- _GIVEN ENTRIES_
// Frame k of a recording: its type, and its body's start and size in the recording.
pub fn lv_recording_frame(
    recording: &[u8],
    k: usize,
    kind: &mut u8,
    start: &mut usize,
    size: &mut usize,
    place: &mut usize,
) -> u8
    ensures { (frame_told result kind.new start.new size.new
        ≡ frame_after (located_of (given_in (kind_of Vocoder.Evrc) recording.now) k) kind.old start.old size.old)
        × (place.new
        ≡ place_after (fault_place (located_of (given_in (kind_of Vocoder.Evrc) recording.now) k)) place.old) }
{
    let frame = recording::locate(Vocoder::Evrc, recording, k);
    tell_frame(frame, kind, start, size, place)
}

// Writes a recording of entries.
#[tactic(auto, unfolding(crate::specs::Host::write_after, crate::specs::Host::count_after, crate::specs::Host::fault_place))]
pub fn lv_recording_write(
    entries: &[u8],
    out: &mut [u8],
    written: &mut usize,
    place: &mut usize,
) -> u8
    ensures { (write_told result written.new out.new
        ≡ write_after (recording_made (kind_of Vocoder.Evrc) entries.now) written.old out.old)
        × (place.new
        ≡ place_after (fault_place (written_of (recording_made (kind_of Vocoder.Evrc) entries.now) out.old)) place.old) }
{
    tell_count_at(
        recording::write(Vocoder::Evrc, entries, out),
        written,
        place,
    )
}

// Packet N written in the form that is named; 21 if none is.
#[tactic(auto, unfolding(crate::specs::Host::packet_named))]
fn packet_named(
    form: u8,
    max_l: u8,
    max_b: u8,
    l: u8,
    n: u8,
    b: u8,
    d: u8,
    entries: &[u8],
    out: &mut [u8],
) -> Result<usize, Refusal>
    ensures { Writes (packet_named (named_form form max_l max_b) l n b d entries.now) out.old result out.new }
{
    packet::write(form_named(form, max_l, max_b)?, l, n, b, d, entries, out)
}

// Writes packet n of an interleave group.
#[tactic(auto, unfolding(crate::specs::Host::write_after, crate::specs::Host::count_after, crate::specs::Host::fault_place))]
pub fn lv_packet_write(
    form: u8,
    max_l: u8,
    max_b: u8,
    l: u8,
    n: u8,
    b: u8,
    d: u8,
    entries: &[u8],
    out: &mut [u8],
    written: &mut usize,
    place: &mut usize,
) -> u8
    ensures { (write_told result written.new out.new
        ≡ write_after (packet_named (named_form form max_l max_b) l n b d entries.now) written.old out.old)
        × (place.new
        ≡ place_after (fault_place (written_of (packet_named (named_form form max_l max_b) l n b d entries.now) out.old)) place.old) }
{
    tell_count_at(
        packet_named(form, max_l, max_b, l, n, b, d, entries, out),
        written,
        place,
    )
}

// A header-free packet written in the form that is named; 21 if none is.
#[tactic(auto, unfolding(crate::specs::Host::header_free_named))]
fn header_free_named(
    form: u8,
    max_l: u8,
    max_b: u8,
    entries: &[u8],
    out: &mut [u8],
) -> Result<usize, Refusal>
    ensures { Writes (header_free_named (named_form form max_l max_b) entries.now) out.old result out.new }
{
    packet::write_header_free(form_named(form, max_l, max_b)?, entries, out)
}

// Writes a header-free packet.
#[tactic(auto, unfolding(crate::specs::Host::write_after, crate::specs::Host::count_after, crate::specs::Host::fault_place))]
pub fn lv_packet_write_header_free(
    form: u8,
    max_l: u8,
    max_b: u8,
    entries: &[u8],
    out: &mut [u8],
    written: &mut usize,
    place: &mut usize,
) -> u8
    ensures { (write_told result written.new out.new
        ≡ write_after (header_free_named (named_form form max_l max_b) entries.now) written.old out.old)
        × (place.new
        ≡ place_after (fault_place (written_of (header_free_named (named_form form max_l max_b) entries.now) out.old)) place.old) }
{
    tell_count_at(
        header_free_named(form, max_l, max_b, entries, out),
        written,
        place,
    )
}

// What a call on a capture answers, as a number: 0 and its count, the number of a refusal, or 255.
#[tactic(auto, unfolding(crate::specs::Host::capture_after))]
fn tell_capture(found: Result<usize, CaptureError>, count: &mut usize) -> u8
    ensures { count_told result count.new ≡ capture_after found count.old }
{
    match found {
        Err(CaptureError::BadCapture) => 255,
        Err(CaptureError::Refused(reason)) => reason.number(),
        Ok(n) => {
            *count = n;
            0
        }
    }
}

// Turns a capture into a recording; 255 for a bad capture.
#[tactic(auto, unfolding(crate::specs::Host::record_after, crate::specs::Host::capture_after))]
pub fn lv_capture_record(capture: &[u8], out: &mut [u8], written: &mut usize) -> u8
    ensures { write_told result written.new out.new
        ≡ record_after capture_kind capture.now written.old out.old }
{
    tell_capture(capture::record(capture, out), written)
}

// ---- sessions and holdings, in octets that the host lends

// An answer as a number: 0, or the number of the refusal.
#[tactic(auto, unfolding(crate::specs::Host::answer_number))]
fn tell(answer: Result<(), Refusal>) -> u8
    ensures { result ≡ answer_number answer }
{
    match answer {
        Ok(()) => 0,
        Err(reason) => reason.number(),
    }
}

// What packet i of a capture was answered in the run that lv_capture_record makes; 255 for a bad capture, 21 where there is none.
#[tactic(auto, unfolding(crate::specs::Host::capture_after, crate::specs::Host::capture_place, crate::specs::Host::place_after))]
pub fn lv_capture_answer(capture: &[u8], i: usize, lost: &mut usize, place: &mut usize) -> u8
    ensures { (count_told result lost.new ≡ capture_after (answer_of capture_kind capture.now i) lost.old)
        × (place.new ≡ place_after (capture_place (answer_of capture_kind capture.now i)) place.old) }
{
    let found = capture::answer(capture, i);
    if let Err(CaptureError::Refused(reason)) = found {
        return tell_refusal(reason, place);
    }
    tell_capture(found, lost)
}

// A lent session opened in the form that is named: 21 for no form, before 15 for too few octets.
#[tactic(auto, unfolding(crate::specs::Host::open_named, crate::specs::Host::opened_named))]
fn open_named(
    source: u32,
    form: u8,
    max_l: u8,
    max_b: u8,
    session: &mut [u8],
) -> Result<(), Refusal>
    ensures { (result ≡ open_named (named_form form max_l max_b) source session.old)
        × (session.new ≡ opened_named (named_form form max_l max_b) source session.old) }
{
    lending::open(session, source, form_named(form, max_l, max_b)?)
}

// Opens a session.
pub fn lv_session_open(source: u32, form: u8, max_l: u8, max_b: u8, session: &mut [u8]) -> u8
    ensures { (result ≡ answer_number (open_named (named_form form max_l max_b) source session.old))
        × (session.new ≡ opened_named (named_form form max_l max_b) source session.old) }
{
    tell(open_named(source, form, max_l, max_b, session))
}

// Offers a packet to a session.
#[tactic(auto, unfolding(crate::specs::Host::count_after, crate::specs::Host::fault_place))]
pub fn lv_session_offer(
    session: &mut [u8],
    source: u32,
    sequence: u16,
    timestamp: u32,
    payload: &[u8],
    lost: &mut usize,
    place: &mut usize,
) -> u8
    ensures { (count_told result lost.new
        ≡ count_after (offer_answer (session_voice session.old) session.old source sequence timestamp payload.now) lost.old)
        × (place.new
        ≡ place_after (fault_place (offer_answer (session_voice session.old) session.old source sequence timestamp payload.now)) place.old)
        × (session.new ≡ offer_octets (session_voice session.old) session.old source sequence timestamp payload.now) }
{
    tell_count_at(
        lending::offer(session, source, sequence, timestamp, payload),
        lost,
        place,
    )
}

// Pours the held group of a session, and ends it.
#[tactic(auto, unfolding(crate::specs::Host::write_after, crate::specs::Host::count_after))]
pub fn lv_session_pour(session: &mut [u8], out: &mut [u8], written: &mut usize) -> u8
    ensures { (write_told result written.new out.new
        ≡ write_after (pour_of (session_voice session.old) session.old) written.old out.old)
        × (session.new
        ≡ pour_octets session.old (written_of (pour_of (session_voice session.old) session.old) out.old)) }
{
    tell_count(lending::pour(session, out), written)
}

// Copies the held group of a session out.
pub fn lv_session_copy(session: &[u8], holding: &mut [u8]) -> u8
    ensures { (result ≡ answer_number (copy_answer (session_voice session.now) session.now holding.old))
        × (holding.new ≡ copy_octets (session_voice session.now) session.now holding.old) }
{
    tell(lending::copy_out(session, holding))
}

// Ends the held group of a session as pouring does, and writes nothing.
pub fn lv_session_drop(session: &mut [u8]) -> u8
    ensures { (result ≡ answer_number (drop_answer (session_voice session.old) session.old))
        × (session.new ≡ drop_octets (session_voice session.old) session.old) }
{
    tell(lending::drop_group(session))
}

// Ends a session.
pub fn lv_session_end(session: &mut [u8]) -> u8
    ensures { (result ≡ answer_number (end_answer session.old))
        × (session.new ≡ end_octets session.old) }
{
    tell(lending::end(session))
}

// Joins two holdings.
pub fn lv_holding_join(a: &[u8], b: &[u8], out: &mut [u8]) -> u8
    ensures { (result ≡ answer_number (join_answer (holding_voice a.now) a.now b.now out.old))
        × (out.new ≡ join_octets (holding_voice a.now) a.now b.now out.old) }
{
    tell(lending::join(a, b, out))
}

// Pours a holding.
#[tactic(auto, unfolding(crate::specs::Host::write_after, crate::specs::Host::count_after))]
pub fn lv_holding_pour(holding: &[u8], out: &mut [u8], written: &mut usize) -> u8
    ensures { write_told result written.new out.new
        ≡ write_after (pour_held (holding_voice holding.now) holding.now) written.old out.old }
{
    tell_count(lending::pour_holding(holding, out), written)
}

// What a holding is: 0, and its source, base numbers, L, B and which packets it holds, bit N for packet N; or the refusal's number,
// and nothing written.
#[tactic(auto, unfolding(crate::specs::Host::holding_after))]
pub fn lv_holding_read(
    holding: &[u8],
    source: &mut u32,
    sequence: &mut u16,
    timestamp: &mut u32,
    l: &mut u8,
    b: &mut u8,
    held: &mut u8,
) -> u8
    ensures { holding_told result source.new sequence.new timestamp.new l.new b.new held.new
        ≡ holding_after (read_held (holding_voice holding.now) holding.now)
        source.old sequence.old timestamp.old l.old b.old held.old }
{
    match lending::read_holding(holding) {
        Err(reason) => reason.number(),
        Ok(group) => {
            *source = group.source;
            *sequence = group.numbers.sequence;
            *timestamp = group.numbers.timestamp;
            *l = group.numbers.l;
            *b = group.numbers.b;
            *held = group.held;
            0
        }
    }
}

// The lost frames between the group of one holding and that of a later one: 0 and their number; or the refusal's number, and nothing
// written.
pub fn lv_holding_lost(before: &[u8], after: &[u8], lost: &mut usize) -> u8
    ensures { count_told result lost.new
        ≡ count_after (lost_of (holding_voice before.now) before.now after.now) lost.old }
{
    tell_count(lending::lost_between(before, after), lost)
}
==
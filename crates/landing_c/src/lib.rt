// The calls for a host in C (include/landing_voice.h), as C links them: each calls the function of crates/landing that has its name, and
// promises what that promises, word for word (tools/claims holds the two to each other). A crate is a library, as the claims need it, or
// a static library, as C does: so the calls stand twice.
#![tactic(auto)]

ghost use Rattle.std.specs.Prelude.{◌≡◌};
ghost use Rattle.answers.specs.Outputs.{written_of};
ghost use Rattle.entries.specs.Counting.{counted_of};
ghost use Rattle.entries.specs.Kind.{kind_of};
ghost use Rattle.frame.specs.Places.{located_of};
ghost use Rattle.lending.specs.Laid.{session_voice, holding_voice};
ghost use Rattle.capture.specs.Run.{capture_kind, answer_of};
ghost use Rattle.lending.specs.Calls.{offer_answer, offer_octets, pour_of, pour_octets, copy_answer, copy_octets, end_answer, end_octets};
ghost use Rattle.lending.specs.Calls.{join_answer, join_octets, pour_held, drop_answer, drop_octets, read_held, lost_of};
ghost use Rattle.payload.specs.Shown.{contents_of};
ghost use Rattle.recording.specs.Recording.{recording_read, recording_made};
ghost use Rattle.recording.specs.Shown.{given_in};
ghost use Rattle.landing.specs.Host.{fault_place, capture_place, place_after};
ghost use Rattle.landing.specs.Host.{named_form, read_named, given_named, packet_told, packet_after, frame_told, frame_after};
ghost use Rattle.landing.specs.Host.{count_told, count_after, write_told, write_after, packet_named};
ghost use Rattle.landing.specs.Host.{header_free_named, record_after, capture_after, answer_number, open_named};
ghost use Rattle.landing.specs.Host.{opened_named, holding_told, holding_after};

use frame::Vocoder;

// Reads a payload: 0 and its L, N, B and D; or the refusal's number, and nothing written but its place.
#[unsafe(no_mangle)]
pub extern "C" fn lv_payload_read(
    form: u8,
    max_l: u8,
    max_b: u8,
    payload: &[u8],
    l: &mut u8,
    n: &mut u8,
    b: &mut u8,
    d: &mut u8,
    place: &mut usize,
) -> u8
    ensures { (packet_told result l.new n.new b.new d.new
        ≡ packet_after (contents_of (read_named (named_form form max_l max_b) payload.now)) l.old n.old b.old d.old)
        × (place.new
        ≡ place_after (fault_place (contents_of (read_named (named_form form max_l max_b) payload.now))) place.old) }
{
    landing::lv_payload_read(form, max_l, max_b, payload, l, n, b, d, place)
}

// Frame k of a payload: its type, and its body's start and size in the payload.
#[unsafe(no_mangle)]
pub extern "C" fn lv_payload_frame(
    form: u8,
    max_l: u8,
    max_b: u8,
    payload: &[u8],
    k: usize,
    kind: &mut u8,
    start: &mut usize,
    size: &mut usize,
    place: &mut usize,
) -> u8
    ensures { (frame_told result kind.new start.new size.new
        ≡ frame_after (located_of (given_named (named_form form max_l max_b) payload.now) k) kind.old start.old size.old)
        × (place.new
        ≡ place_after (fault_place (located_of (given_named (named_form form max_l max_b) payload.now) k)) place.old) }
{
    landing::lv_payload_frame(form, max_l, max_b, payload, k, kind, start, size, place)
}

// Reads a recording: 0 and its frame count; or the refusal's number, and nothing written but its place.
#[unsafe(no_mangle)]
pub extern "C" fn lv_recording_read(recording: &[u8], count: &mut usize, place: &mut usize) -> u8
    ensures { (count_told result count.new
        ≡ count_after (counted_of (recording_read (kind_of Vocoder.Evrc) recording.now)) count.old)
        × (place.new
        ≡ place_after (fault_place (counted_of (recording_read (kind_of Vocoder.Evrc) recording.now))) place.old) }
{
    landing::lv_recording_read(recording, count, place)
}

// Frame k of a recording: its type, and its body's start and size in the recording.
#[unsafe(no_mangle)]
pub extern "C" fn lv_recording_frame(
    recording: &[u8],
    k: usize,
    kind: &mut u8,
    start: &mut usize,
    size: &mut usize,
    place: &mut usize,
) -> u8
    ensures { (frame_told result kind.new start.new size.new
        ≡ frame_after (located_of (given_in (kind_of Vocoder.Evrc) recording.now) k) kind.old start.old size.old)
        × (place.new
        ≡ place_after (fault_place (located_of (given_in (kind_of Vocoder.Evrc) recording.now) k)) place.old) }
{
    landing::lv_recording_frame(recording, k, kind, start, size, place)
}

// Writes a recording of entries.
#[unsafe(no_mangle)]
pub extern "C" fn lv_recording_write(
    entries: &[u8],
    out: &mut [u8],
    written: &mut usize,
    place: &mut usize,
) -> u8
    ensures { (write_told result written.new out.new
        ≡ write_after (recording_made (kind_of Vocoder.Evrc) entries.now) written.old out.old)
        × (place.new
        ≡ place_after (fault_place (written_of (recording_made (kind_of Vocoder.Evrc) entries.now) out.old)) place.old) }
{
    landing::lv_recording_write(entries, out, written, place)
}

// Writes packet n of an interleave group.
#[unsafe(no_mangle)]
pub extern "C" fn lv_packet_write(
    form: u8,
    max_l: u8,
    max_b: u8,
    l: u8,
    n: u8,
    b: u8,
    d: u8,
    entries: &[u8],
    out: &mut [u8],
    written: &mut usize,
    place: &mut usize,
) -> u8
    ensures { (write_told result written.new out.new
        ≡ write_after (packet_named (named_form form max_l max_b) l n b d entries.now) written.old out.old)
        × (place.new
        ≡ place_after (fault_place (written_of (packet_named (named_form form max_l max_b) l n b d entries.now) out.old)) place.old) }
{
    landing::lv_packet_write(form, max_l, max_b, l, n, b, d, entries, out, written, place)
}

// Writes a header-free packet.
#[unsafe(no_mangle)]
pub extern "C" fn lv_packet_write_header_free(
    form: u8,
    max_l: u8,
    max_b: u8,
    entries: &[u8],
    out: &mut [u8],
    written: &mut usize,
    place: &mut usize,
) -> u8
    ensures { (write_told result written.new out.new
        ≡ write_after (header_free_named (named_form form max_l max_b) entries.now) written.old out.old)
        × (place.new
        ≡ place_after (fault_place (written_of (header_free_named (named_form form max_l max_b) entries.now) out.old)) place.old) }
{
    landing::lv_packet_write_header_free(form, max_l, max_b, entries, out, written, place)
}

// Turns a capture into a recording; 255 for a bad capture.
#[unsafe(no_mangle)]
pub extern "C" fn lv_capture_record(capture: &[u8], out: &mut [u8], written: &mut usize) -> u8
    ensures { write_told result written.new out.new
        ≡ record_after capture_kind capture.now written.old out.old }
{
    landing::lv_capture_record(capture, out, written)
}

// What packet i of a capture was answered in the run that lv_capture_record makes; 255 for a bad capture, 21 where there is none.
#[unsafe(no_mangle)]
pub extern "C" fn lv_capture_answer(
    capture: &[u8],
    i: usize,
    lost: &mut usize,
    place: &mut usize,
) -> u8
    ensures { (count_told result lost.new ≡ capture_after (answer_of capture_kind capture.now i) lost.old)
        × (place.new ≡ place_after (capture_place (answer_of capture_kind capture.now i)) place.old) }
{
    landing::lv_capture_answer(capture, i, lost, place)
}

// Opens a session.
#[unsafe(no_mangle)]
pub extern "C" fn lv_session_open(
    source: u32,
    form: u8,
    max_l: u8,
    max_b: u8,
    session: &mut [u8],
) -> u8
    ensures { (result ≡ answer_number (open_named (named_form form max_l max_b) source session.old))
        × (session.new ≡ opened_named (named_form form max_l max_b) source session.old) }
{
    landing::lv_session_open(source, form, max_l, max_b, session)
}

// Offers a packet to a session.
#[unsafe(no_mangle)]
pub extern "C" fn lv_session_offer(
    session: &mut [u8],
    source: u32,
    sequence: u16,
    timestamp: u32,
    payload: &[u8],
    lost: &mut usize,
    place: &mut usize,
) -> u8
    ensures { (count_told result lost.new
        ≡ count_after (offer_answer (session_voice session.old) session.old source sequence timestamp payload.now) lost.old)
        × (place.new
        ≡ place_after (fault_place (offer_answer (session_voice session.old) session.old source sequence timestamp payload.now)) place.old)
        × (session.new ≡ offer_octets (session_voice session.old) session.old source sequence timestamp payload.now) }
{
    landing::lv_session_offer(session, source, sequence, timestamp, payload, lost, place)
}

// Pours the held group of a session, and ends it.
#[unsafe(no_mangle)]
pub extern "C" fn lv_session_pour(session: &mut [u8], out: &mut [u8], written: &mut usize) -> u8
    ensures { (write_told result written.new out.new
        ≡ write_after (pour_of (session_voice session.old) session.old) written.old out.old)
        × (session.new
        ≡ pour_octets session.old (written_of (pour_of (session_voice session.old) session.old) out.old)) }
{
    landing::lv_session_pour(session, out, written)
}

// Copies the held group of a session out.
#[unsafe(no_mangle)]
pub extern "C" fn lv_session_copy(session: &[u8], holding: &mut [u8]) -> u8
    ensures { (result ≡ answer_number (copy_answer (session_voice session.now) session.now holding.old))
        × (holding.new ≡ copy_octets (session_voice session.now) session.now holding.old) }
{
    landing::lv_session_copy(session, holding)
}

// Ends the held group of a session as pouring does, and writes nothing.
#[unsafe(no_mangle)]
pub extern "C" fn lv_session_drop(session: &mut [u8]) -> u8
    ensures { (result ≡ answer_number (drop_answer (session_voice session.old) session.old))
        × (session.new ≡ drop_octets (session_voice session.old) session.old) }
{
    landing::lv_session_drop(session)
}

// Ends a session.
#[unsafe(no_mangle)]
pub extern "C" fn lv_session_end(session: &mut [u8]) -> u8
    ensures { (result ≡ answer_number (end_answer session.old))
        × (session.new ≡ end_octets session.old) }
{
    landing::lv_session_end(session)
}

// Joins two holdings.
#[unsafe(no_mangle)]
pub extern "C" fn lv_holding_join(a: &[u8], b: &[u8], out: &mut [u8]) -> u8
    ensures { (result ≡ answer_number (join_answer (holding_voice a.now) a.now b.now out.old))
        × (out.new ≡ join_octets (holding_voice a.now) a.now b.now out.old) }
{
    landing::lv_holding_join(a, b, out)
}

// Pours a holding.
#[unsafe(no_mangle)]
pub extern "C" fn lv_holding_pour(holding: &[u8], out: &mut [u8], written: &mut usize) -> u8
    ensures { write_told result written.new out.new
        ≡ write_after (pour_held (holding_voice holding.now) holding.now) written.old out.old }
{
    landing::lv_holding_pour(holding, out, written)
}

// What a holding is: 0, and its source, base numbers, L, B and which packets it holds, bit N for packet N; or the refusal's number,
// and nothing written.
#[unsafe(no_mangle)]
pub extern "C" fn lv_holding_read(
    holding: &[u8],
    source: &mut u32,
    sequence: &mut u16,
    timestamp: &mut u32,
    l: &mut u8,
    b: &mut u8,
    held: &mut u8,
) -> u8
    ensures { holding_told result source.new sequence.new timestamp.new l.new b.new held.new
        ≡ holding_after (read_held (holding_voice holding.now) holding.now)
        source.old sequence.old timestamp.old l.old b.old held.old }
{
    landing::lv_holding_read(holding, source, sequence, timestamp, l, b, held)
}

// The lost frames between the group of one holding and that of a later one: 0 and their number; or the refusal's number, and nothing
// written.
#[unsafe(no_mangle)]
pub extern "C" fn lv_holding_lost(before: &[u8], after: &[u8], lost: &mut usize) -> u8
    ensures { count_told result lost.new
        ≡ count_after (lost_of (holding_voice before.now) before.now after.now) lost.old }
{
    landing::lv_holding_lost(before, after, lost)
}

- _TRY IT_
Which lines in the records above hold the string "Shown"? Copy each of them.

- _EXERCISE ANSWER_
ghost use Rattle.payload.specs.Shown.{contents_of};
ghost use Rattle.recording.specs.Shown.{given_in};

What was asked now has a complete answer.